Research & Papers

Speculating Experts Accelerates Inference for Mixture-of-Experts

New prefetching technique predicts future AI model experts, cutting CPU-GPU bottlenecks to boost speed.

Deep Dive

A team of researchers including Vivan Madan, Prajwal Singhania, and Ashwinee Panda has introduced a novel optimization called 'Speculating Experts' for Mixture-of-Experts (MoE) models. MoE architectures, like those used in massive language models, activate only a small subset of 'expert' neural networks per token to manage computational cost. However, in memory-limited inference scenarios, these expert weights are often stored on a CPU, creating a major bottleneck as they are slowly transferred to the GPU for each decoding step. The new technique tackles this by using the model's current internal activations to reliably speculate which experts will be needed next, allowing their weights to be prefetched from CPU memory in the background while computation is ongoing.
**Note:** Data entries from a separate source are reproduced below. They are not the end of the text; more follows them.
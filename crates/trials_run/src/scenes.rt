//! Offices in a small world.
use crate::guest::Speech;
use crate::wire::{Spell, Wire};
use crate::world::World;
use mb_map::Sim;
use office_core::{Office, OfficeError};
use office_plays::builders::{MEMORY, TWO, begun};
use office_plays::steps::Happens::{self, Load};
use office_plays::steps::{push, rows, take_happening, total};
use office_run::RunFault;
use poll_book::{Keeper, MemKeeper};
use run_beat::Slots;
use std::alloc::{AllocError, Global};
use telling::Trial;

/// The clock shows so many milliseconds as a run begins: three seconds of slot 100 are left.
const BEGAN: u64 = 502_000;

/// For so many milliseconds a device is waited for.
const TIMEOUT: u32 = 2_000;

/// A register that an order sets, and one in which the device counts the seconds of the run.
pub(crate) const IMAGE: &str = "[[unit]]\nid = 17\nholding_start = 40\nholding = [0, 0]\n";

/// The seconds of the device on the roof, a setting of it, and the seconds of the device in the cellar.
const POINTS: &[Happens] = &[Load(
    "l1",
    "e,m1,holding,41,uint16,,,counter,\nlim,m1,holding,40,uint16,,,setting,\nf,m2,holding,41,uint16,,,gauge,\n",
)];

/// A line's devices, and what is wrong with them.
#[derive(Clone, Copy, Debug)]
pub(crate) struct Behind {
    pub image: &'static str,
    pub spells: &'static [Spell],
}

/// Takes what happens, in its order.
fn take_all<K: Keeper>(
    alloc: Global,
    office: &mut Office<K>,
    happened: &[Happens],
) -> Result<(), OfficeError> {
    for happens in happened {
        take_happening(alloc, office, happens)?;
    }
    Ok(())
}

/// An office of a site over a keeper, to which this has happened.
pub(crate) fn office_over<K: Keeper + Drop>(
    alloc: Global,
    keeper: K,
    site: &str,
    happened: &[Happens],
) -> Result<Office<K>, OfficeError> {
    let mut office = begun(alloc, keeper, site)?.map_err(|(error, _)| error)?;
    take_all(alloc, &mut office, happened)?;
    Ok(office)
}

/// An office of the roof and the cellar over a keeper, to which this has happened since its points came.
fn office_in<K: Keeper + Drop>(
    alloc: Global,
    keeper: K,
    happened: &[Happens],
) -> Result<Office<K>, OfficeError> {
    let mut office = office_over(alloc, keeper, TWO, POINTS)?;
    take_all(alloc, &mut office, happened)?;
    Ok(office)
}

fn wire(alloc: Global, behind: &Behind) -> Result<Wire, OfficeError> {
    match Sim::from_toml(alloc, behind.image.as_bytes()) {
        Ok(sim) => Ok(Wire::new(alloc, sim, behind.spells)),
        Err(_) => Err(MEMORY),
    }
}

/// A world of these lines that ends after so many milliseconds, and into which these callers come.
pub(crate) fn world_of(
    alloc: Global,
    ends: u64,
    lines: &[Behind],
    speeches: &[Speech],
) -> Result<World, OfficeError> {
    let mut wires = Vec::new(alloc);
    for behind in lines {
        push(&mut wires, wire(alloc, behind)?)?;
    }
    Ok(World::new(alloc, BEGAN, ends, wires, speeches)?)
}

/// A world of the roof and the cellar, in which something may be wrong with the cellar.
pub(crate) fn world(
    alloc: Global,
    ends: u64,
    cellar: &'static [Spell],
    speeches: &[Speech],
) -> Result<World, OfficeError> {
    let lines = [&[] as &'static [Spell], cellar].map(|spells| Behind {
        image: IMAGE,
        spells,
    });
    world_of(alloc, ends, &lines, speeches)
}

/// A run that has ended: the office and the world as it left them, and how it ended.
#[derive(Drop)]
pub(crate) struct Left<K: Keeper> {
    pub office: Office<K>,
    pub world: World,
    pub ended: Result<(), RunFault>,
}

fn ran<K: Keeper>(
    alloc: Global,
    office: &mut Office<K>,
    world: &mut World,
) -> Result<(), RunFault> {
    match Slots::new(world.slot) {
        Some(slots) => office_run::run(alloc, office, world, slots, TIMEOUT),
        None => Ok(()),
    }
}

/// What is looked at behind a run.
pub(crate) trait Look<K: Keeper> {
    fn look(&self, trial: &Trial<'_>, left: &mut Left<K>) -> Result<(), OfficeError>;
}

/// Keeps an office up to the world's end, or as long as it can be. Refused memory ends the attempt.
fn keep_up<K: Keeper + Drop>(
    alloc: Global,
    mut office: Office<K>,
    mut world: World,
) -> Result<Left<K>, OfficeError> {
    let ended = ran(alloc, &mut office, &mut world);
    if ended == Err(RunFault::Memory) {
        return Err(MEMORY);
    }
    Ok(Left {
        office,
        world,
        ended,
    })
}

/// Keeps an office up in a world, and has what is left of both looked at.
// What owns an office and a world stands here: each function that did would be proved to give back all that they hold.
pub(crate) fn look_behind<K: Keeper + Drop, L: Look<K>>(
    trial: &Trial<'_>,
    office: Office<K>,
    world: World,
    look: &L,
) -> Result<(), OfficeError> {
    let mut left = keep_up(trial.alloc(), office, world)?;
    look.look(trial, &mut left)
}

/// The same of the roof and the cellar over a keeper, to which this has happened since its points came.
pub(crate) fn keep_up_in<K: Keeper + Drop>(
    alloc: Global,
    keeper: K,
    happened: &[Happens],
    world: World,
) -> Result<Left<K>, OfficeError> {
    let office = office_in(alloc, keeper, happened)?;
    keep_up(alloc, office, world)
}

/// The same in memory, looked at.
pub(crate) fn look_behind_new<L: Look<MemKeeper>>(
    trial: &Trial<'_>,
    happened: &[Happens],
    world: World,
    look: &L,
) -> Result<(), OfficeError> {
    let alloc = trial.alloc();
    let mut left = keep_up_in(alloc, MemKeeper::new(alloc), happened, world)?;
    look.look(trial, &mut left)
}

/// The readings of a point of one register, each with its slot.
fn readings<K: Keeper>(
    alloc: Global,
    office: &mut Office<K>,
    point: &str,
) -> Result<Vec<(u32, u16)>, OfficeError> {
    let mut all = Vec::new(alloc);
    if let Some(rows) = rows(office, point, 0, u32::MAX)? {
        for row in &rows {
            let word = row.reading.words.as_slice().first().copied();
            push(&mut all, (row.reading.slot, word.unwrap_or(0)))?;
        }
    }
    Ok(all)
}

/// Expects the readings of a point: slots, and in each the second in which it was read.
pub(crate) fn assert_readings<K: Keeper>(
    trial: &Trial<'_>,
    office: &mut Office<K>,
    point: &str,
    expected: &[(u32, u16)],
) -> Result<(), OfficeError> {
    let told = readings(trial.alloc(), office, point)?;
    trial.told(&point, &told.as_slice(), &expected);
    Ok(())
}

/// Expects the total of the device on the roof.
pub(crate) fn assert_total<K: Keeper>(
    trial: &Trial<'_>,
    office: &mut Office<K>,
    expected: u128,
) -> Result<(), OfficeError> {
    let told = total(office, "e")?;
    trial.told(&"total", &told, &Some(expected));
    Ok(())
}

/// What was told on standard error.
fn told_in(world: &World) -> &str {
    str::from_utf8(&world.told).unwrap_or("no text")
}

/// The same without the lines of whole rounds, of which there is one a line and slot.
fn told_beside_rounds(alloc: Global, world: &World) -> Result<String, AllocError> {
    let mut told = String::new(alloc);
    for line in told_in(world).split_inclusive('\n') {
        if !line.contains(" polled slot ") {
            told.push_str(line)?;
        }
    }
    Ok(told)
}

/// Expects what was told on standard error besides whole rounds.
pub(crate) fn assert_told(
    trial: &Trial<'_>,
    world: &World,
    expected: &str,
) -> Result<(), AllocError> {
    let told = told_beside_rounds(trial.alloc(), world)?;
    trial.told(&"told", &told.as_str(), &expected);
    Ok(())
}

fn assert_all_told(trial: &Trial<'_>, world: &World, expected: &str) {
    trial.told(&"told", &told_in(world), &expected);
}

/// All that was told on standard error.
pub(crate) struct AllTold(pub &'static str);

impl<K: Keeper> Look<K> for AllTold {
    fn look(&self, trial: &Trial<'_>, left: &mut Left<K>) -> Result<(), OfficeError> {
        assert_all_told(trial, &left.world, self.0);
        Ok(())
    }
}
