//! A device that is busy as it is to be set, on a line of which one query may wait, and one whose first answer is refused.
use crate::guest::Speech;
use crate::orders::{AskedAt, ORDER};
use crate::scenes::{Behind, IMAGE, look_behind, office_over, world_of};
use crate::wire::{Spell, Trouble};
use office_core::OfficeError;
use office_plays::steps::Happens::{self, Load};
use poll_book::MemKeeper;
use std::test::Fail;
use telling::{Trial, twice};

/// The roof, of which one query may wait.
pub(crate) const SITE: &str =
    "[[line]]\nname = \"roof\"\naddress = \"127.0.0.1:502\"\noutstanding = 1\n[[device]]\nname = \"m1\"\nline = \"roof\"\nunit = 17\n";

/// The seconds of its device, and a setting.
pub(crate) const POINTS: &[Happens] = &[Load(
    "l1",
    "e,m1,holding,41,uint16,,,counter,\nlim,m1,holding,40,uint16,,,setting,\n",
)];

const BUSY: Spell = Spell {
    trouble: Trouble::Busy,
    unit: None,
    from: 0,
    to: 9_000,
};

/// An order that comes at a moment, and what the device is asked until another.
fn asked(
    trial: &Trial<'_>,
    spells: &'static [Spell],
    comes: u64,
    ends: u64,
    expected: &AskedAt,
) -> Result<(), OfficeError> {
    let alloc = trial.alloc();
    let office = office_over(alloc, MemKeeper::new(alloc), SITE, POINTS)?;
    let lines = [Behind {
        image: IMAGE,
        spells,
    }];
    let world = world_of(alloc, ends, &lines, &[Speech::at_once(comes, ORDER)])?;
    look_behind(trial, office, world, expected)
}

/// It is sent as it comes, and with the rounds of slots 102 and 103, before what these read.
const SENT_EACH_ROUND: AskedAt = AskedAt(&[
    (0, 17),
    (3_000, 17),
    (5_000, 17),
    (8_000, 17),
    (8_000, 17),
    (13_000, 17),
    (13_000, 17),
]);

fn busy(trial: &Trial<'_>) -> Result<(), OfficeError> {
    asked(trial, &[BUSY], 5_000, 13_500, &SENT_EACH_ROUND)
}

#[test]
fn a_busy_device_is_ordered_again_in_each_round(rt: HostRuntime) -> Result<(), Fail> {
    Ok(twice!(rt, busy)?)
}

const BUSY_AND_LATE: &[Spell] = &[
    BUSY,
    Spell {
        trouble: Trouble::Late(1_000),
        unit: None,
        from: 0,
        to: u64::MAX,
    },
];

/// What it answers in slot 102 was sent in slot 101: in that round it isn't sent again.
const SENT_ONCE_A_ROUND: AskedAt = AskedAt(&[
    (0, 17),
    (3_000, 17),
    (7_500, 17),
    (8_500, 17),
    (13_000, 17),
    (14_000, 17),
]);

fn busy_and_late(trial: &Trial<'_>) -> Result<(), OfficeError> {
    asked(trial, BUSY_AND_LATE, 7_500, 14_500, &SENT_ONCE_A_ROUND)
}

#[test]
fn a_device_that_is_found_busy_in_the_next_slot_has_its_time(rt: HostRuntime) -> Result<(), Fail> {
    Ok(twice!(rt, busy_and_late)?)
}
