//! What cells hold, where they lie, and how a node ends.

/// What a cell or a local holds: a whole number of 64 bits with sign, null, or a pointer to a cell.
#[derive(Clone, Copy, Debug, PartialEq, Eq)]
pub enum Value {
    Int(i64),
    Null,
    Ptr { object: u32, node: u32, offset: u32 },
}

/// A cell: the object that it belongs to, the node that keeps it, and its number among the object's cells there.
#[derive(Clone, Copy, Debug, PartialEq, Eq)]
pub struct Place {
    pub object: u32,
    pub node: u32,
    pub offset: u32,
}

/// Why a node stopped before its end.
#[derive(Clone, Copy, Debug, PartialEq, Eq)]
pub enum FaultKind {
    Divide,
    Overflow,
    Shift,
    Index,
    NullUse,
    BadNode,
    PendingUse,
    BadSize,
    Depth,
}

/// How a node ended. A fault has the line of the source at which it came, counted from 1.
#[derive(Clone, Copy, Debug, PartialEq, Eq)]
pub enum End {
    Ended,
    Fault { kind: FaultKind, line: u32 },
    Cut,
    Waiting,
}

/// How a copy of cells is waited for.
#[derive(Clone, Copy, Debug, PartialEq, Eq)]
pub enum CopyMode {
    Blocking,
    Split,
    OneWay,
}

/// The one answer that no contract forbids: an allocation was refused.
#[derive(Clone, Copy, Debug, PartialEq, Eq)]
pub struct OutOfMemory;
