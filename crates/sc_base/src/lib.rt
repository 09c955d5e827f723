//! What every part of the compiler speaks of: values, places, faults and ends, operators and their
//! checked arithmetic, types and shapes of declared objects, and the limits.
#![tactic(auto)]

pub mod arithmetic;
pub mod bytes;
pub mod copies;
pub mod limits;
pub mod operator;
pub mod shape;
pub mod value;

pub use arithmetic::{binary, unary};
pub use bytes::Bytes;
pub use copies::{copy_of_shape, copy_of_shapes, copy_of_type};
pub use limits::{LIMITS, Limits};
pub use operator::{Binary, Unary};
pub use shape::{Bound, BoundStep, BoundSteps, Bounds, Shape, Star, Stars, Ty};
pub use value::{CopyMode, End, FaultKind, OutOfMemory, Place, Value};
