#[test]
fn transfers(rt: HostRuntime) -> Result<(), Fail> {
    let table = [
        (
            "int i = 1; i := g[1];",
            "{{Begin(0) 2(Number(1))}; Get(0) 2(Forward(Global) 2(Read 2(Own 2(element 7 2())), Number(1)))}",
        ),
        (
            "int i = 1; i := *s;",
            "{{Begin(0) 2(Number(1))}; Get(0) 2(Read 2(Own 2(element 8 2())))}",
        ),
        (
            "A[0] := x;",
            "{Put 2(element 3 2(Number(0)), Read 2(Own 2(element 0 2())))}",
        ),
        (
            "*g :- 1;",
            "{Send 2(Read 2(Own 2(element 7 2())), Number(1))}",
        ),
        (
            "x := A[0];",
            "{Copy(Split) 2(Own 2(element 0 2()), element 3 2(Number(0)), Number(8))}",
        ),
        (
            "bulk_read(p, g, 8);",
            "{Copy(Blocking) 2(Own 2(Read 2(Own 2(element 6 2()))), Read 2(Own 2(element 7 2())), Number(8))}",
        ),
        (
            "bulk_read(p, p, 8);",
            "{Copy(Blocking) 2(Own 2(Read 2(Own 2(element 6 2()))), Convert 2(Read 2(Own 2(element 6 2()))), Number(8))}",
        ),
        (
            "bulk_write(g, B, 8);",
            "{Copy(Blocking) 2(Read 2(Own 2(element 7 2())), Own 2(address 1 2()), Number(8))}",
        ),
        (
            "bulk_get(p, g, 8);",
            "{Copy(Split) 2(Own 2(Read 2(Own 2(element 6 2()))), Read 2(Own 2(element 7 2())), Number(8))}",
        ),
        (
            "bulk_put(g, p, 8);",
            "{Copy(Split) 2(Read 2(Own 2(element 7 2())), Own 2(Read 2(Own 2(element 6 2()))), Number(8))}",
        ),
        (
            "bulk_store(g, p, 8);",
            "{Copy(OneWay) 2(Read 2(Own 2(element 7 2())), Own 2(Read 2(Own 2(element 6 2()))), Number(8))}",
        ),
        (
            "printf(\"%d\", x);",
            "{Print { text: 0, count: 1 } 2(Read 2(Own 2(element 0 2())))}",
        ),
        (
            "sync(); barrier(); all_store_sync();",
            "{Sync 2(); Barrier 2(); AllStoreSync 2()}",
        ),
    ];
    assert_eq!(rt; wrong(&rt, &table)?.as_str(), "");
    Ok(())
}

#[test]
fn statements_one_by_one(rt: HostRuntime) -> Result<(), Fail> {
    let table = [
        (";", "{-}"),
        ("{ ; }", "{{-}}"),
        (
            "if (1) ; else if (s) x; else ;",
            "{if Number(1): - if pointer Read 2(Own 2(element 8 2())): Drop 2(Read 2(Own 2(element 0 2()))) else: -}",
        ),
        ("if (1) ;", "{if Number(1): - else: -}"),
        (
            "while (p) continue;",
            "{loop (if pointer Read 2(Own 2(element 6 2())): - else: break) (continue) (-)}",
        ),
        (
            "do break; while (1);",
            "{loop (-) (break) (if Number(1): - else: break)}",
        ),
        (
            "for (x; 1; 2) ;",
            "{{Drop 2(Read 2(Own 2(element 0 2()))); loop (if Number(1): - else: break) (-) (Drop 2(Number(2)))}}",
        ),
        (
            "int i; for_my_1d (i,\n4)\n;",
            "{{Clear { local: 0, pointer: false } 2()}; {Drop 2(Set(0) 2(Mine)); loop mine (if Binary(Lt) 2(local 0 2, Number(4)): - else: break) (-) (Drop 2(Set(0) 2(Binary(Add) 2(local 0 2, Procs))))}}",
        ),
        ("return 1;", "{return 2 Number(1)}"),
        ("return;", "{return 2 Number(0)}"),
        (
            "{ int i; { int j; } } int k; k = 1;",
            "{{{Clear { local: 0, pointer: false } 2()}; {{Clear { local: 1, pointer: false } 2()}}}; {Clear { local: 2, pointer: false } 2()}; Drop 2(Set(2) 2(Number(1)))}",
        ),
    ];
    assert_eq!(rt; wrong(&rt, &table)?.as_str(), "");
    Ok(())
}

#[test]
fn lines(rt: HostRuntime) -> Result<(), Fail> {
    let table = [
        // an object's indices, and its plain read
        (
            "M[1]\n[2];",
            "{Drop 2(Read 3(Own 3(element 2 3(Number(1), Number(2)))))}",
        ),
        (
            "x =\nx;",
            "{Drop 2(Write 2(Own 2(element 0 2()), Read 3(Own 3(element 0 3()))))}",
        ),
        // a place that is written
        (
            "x\n= 1;",
            "{Drop 3(Write 3(Own 2(element 0 2()), Number(1)))}",
        ),
        // a local that is assigned
        (
            "int i; i\n= 1;",
            "{{Clear { local: 0, pointer: false } 2()}; Drop 3(Set(0) 3(Number(1)))}",
        ),
        // the read of a compound assignment
        (
            "x\n+= 1;",
            "{Drop 3(update Binary(Add) 3(Own 2(element 0 2()), Number(1)))}",
        ),
        (
            "x\n++;",
            "{Drop 2(update Binary(Add) back Binary(Sub) 3(Own 2(element 0 2()), Number(1)))}",
        ),
        // a split assignment
        (
            "int i; i\n:=\nA[0];",
            "{{Clear { local: 0, pointer: false } 2()}; Get(0) 3(element 3 4(Number(0)))}",
        ),
        (
            "A[0]\n:-\n1;",
            "{Send 3(element 3 2(Number(0)), Number(1))}",
        ),
        // a fill
        (
            "int i; i\n=\nx;",
            "{{Clear { local: 0, pointer: false } 2()}; Fill(0) 3(Own 4(element 0 4()))}",
        ),
        ("int i\n=\nx;", "{{Fill(0) 2(Own 4(element 0 4()))}}"),
        // pointers
        (
            "p\n[1];",
            "{Drop 2(Read 3(Own 3(Forward(Local) 3(Read 2(Own 2(element 6 2())), Number(1)))))}",
        ),
        (
            "*\np;",
            "{Drop 2(Read 2(Own 2(Read 3(Own 3(element 6 3())))))}",
        ),
    ];
    assert_eq!(rt; wrong(&rt, &table)?.as_str(), "");
    Ok(())
}

#[test]
fn functions(rt: HostRuntime) -> Result<(), Fail> {
    let source = "int f(int a);\nint f(int a) { int *q; int i; }\nsplitc_main() { f(1); }";
    let Some(program) = core_of(&rt, source)? else {
        assert!(rt; false, "refused");
        return Ok(());
    };
    assert_eq!(rt; program.main, 1);
    assert_eq!(rt; program.functions.len(), 2);
    assert_eq!(rt; program.texts.as_slice().len(), 2);
    let Some(f) = program.functions.as_slice().first() else {
        return Ok(());
    };
    assert_eq!(rt; f.params.len(), 1);
    assert_eq!(rt; f.others.len(), 2);
    assert_eq!(rt; f.line, 2);
    Ok(())
}
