//! The limits of the product.

/// How much of each quantity is accepted, and, of nodes and budgets, how much can be asked for.
#[derive(Clone, Copy, Debug, PartialEq, Eq)]
pub struct Limits {
    /// Bytes of a source.
    pub source: u64,
    /// Tokens of a source.
    pub tokens: u64,
    /// How many constructs may be open at a token.
    pub depth: u64,
    /// Objects at file scope.
    pub objects: u64,
    /// Cells on the fullest node.
    pub cells: u64,
    /// Access sites of a source.
    pub sites: u64,
    /// Locals and parameters of one function.
    pub locals: u64,
    /// Nodes of the machine.
    pub nodes: u64,
    /// Loop turns and calls of one node.
    pub budget: u64,
    /// The greatest number of a demo source.
    pub demo: u64,
    /// Frames of one node.
    pub frames: u64,
}

/// The limits that this product keeps.
pub const LIMITS: Limits = Limits {
    source: 262144,
    tokens: 65536,
    depth: 64,
    objects: 256,
    cells: 65536,
    sites: 1024,
    locals: 64,
    nodes: 16,
    budget: 1000000,
    demo: 400,
    frames: 256,
};
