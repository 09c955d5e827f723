//! The types of values and the shapes of objects that a source declares.

ghost use Rattle.std.specs.Prelude.{◌≡◌};

use crate::operator::Binary;
use std::marker::Model;

/// What a pointer reaches: the executing node's own copy, one node's memory, or all nodes' in cyclic order.
#[derive(Clone, Copy, Debug, PartialEq, Eq)]
pub enum Star {
    Local,
    Global,
    Spread,
}

/// The stars of a type from left to right, seen as a list.
#[derive(Debug, Drop)]
pub struct Stars {
    stars: Vec<Star>,
}

impl Model for Stars {
    ghost use Rattle.std.specs.Prelude.{List};
    ghost use Rattle.sc_base.specs.declared.shape.Star.{Star};

    ghost Value = { List Star };

    ghost view = { λ s. s.stars.items };
}

impl Stars {
    /// The stars of the vector, in its order.
    pub fn from_vec(stars: Vec<Star>) -> Stars
        ensures { result ≡ stars.items }
    {
        Stars { stars }
    }

    /// All the stars, in their order.
    pub fn as_slice(&self) -> &[Star]
        ensures { result.now ≡ self.now }
    {
        self.stars.as_slice()
    }
}

/// A type: void or int, and a pointer for each star.
#[derive(Debug, Drop)]
pub struct Ty {
    pub void: bool,
    pub stars: Stars,
}

/// A step of a bound in postfix order: it pushes a number or the number of nodes, or takes two operands and
/// pushes their result.
#[derive(Clone, Copy, Debug, PartialEq, Eq)]
pub enum BoundStep {
    Number(i64),
    Procs,
    Op(Binary),
}

/// The steps of one bound, seen as a list.
#[derive(Debug, Drop)]
pub struct BoundSteps {
    steps: Vec<BoundStep>,
}

impl Model for BoundSteps {
    ghost use Rattle.std.specs.Prelude.{List};
    ghost use Rattle.sc_base.specs.declared.shape.BoundStep.{BoundStep};

    ghost Value = { List BoundStep };

    ghost view = { λ s. s.steps.items };
}

impl BoundSteps {
    /// The steps of the vector, in its order.
    pub fn from_vec(steps: Vec<BoundStep>) -> BoundSteps
        ensures { result ≡ steps.items }
    {
        BoundSteps { steps }
    }

    /// All the steps, in their order.
    pub fn as_slice(&self) -> &[BoundStep]
        ensures { result.now ≡ self.now }
    {
        self.steps.as_slice()
    }
}

/// The bound of one dimension, as a postfix expression, with the line of its first token.
#[derive(Debug, Drop)]
pub struct Bound {
    pub steps: BoundSteps,
    pub line: u32,
}

/// The bounds on one side of a declarator, seen as a list.
#[derive(Debug, Drop)]
pub struct Bounds {
    bounds: Vec<Bound>,
}

impl Model for Bounds {
    ghost use Rattle.std.specs.Prelude.{List};
    ghost use Rattle.sc_base.specs.declared.shape.Bound.{Bound};

    ghost Value = { List Bound };

    ghost view = { λ b. b.bounds.items };
}

impl Bounds {
    /// The bounds of the vector, in its order.
    pub fn from_vec(bounds: Vec<Bound>) -> Bounds
        ensures { result ≡ bounds.items }
    {
        Bounds { bounds }
    }

    /// All the bounds, in their order.
    pub fn as_slice(&self) -> &[Bound]
        ensures { result.now ≡ self.now }
    {
        self.bounds.as_slice()
    }
}

/// An object declared at file scope. `name` is the number of its name, `ty` the type of its cells. A spread
/// object has its dimensions before `::` in `left` and the others in `right`; an ordinary one has all in
/// `left`. `at` is the token of its name, counted from 1, and `line` that token's line.
#[derive(Debug, Drop)]
pub struct Shape {
    pub name: u32,
    pub ty: Ty,
    pub spread: bool,
    pub left: Bounds,
    pub right: Bounds,
    pub at: u32,
    pub line: u32,
}
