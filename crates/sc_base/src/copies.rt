//! Copies of types and shapes, for those that keep a source's declarations as their own.

ghost use Rattle.std.specs.Prelude.{◌≡◌, IfOk};

use crate::shape::{Bound, BoundSteps, Bounds, Shape, Stars, Ty};
use std::alloc::{AllocError, Global};

/// A type equal to this one, in memory of its own. The error is want of memory.
pub fn copy_of_type(alloc: Global, ty: &Ty) -> Result<Ty, AllocError>
    ensures { IfOk result (λ copy. copy ≡ ty.now) }
{
    let stars = Vec::from_slice(alloc, ty.stars.as_slice())?;
    Ok(Ty {
        void: ty.void,
        stars: Stars::from_vec(stars),
    })
}

/// A shape equal to this one, in memory of its own. The error is want of memory.
pub fn copy_of_shape(alloc: Global, shape: &Shape) -> Result<Shape, AllocError>
    ensures { IfOk result (λ copy. copy ≡ shape.now) }
{
    Ok(Shape {
        name: shape.name,
        ty: copy_of_type(alloc, &shape.ty)?,
        spread: shape.spread,
        left: copy_of_bounds(alloc, &shape.left)?,
        right: copy_of_bounds(alloc, &shape.right)?,
        at: shape.at,
        line: shape.line,
    })
}

/// The shapes in their order, each copied. The error is want of memory.
pub fn copy_of_shapes(alloc: Global, shapes: &[Shape]) -> Result<Vec<Shape>, AllocError>
    ensures { IfOk result (λ copies. copies.items ≡ shapes.now) }
{
    let mut copies = Vec::new(alloc);
    for shape in shapes {
        copies.push(copy_of_shape(alloc, shape)?)?;
    }
    Ok(copies)
}

fn copy_of_bounds(alloc: Global, bounds: &Bounds) -> Result<Bounds, AllocError>
    ensures { IfOk result (λ copy. copy ≡ bounds.now) }
{
    let mut copies = Vec::new(alloc);
    for bound in bounds.as_slice() {
        copies.push(copy_of_bound(alloc, bound)?)?;
    }
    Ok(Bounds::from_vec(copies))
}

fn copy_of_bound(alloc: Global, bound: &Bound) -> Result<Bound, AllocError>
    ensures { IfOk result (λ copy. copy ≡ bound.now) }
{
    let steps = Vec::from_slice(alloc, bound.steps.as_slice())?;
    Ok(Bound {
        steps: BoundSteps::from_vec(steps),
        line: bound.line,
    })
}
This speculative prefetching and execution creates significant overlap between compute and memory transfer, which is the key to the performance gain. The paper demonstrates that across multiple MoE architectures, future experts can be predicted with high reliability, and executing these speculated experts generally preserves downstream task accuracy. For cases where speculation alone hurts accuracy, the researchers also developed lightweight estimators to improve prediction hit rates. Integrated into an optimized inference engine, the method delivers up to a 14% reduction in time per output token (TPOT) compared to the standard on-demand loading approach. By releasing the code as open-source, the team provides a practical tool for developers and companies to run large, sparse MoE models more efficiently on hardware with limited GPU memory.

Key Points
  • Uses internal model representations to predict and prefetch future MoE experts, overlapping CPU-GPU data transfer with computation.
  • Achieves up to a 14% reduction in time per output token (TPOT) over standard on-demand expert loading.
  • Maintains model accuracy through reliable speculation and includes lightweight estimators to improve hit rates where needed.

Why It Matters

Enables faster, more cost-effective deployment of massive MoE models like Mixtral 8x7B on consumer or memory-constrained hardware.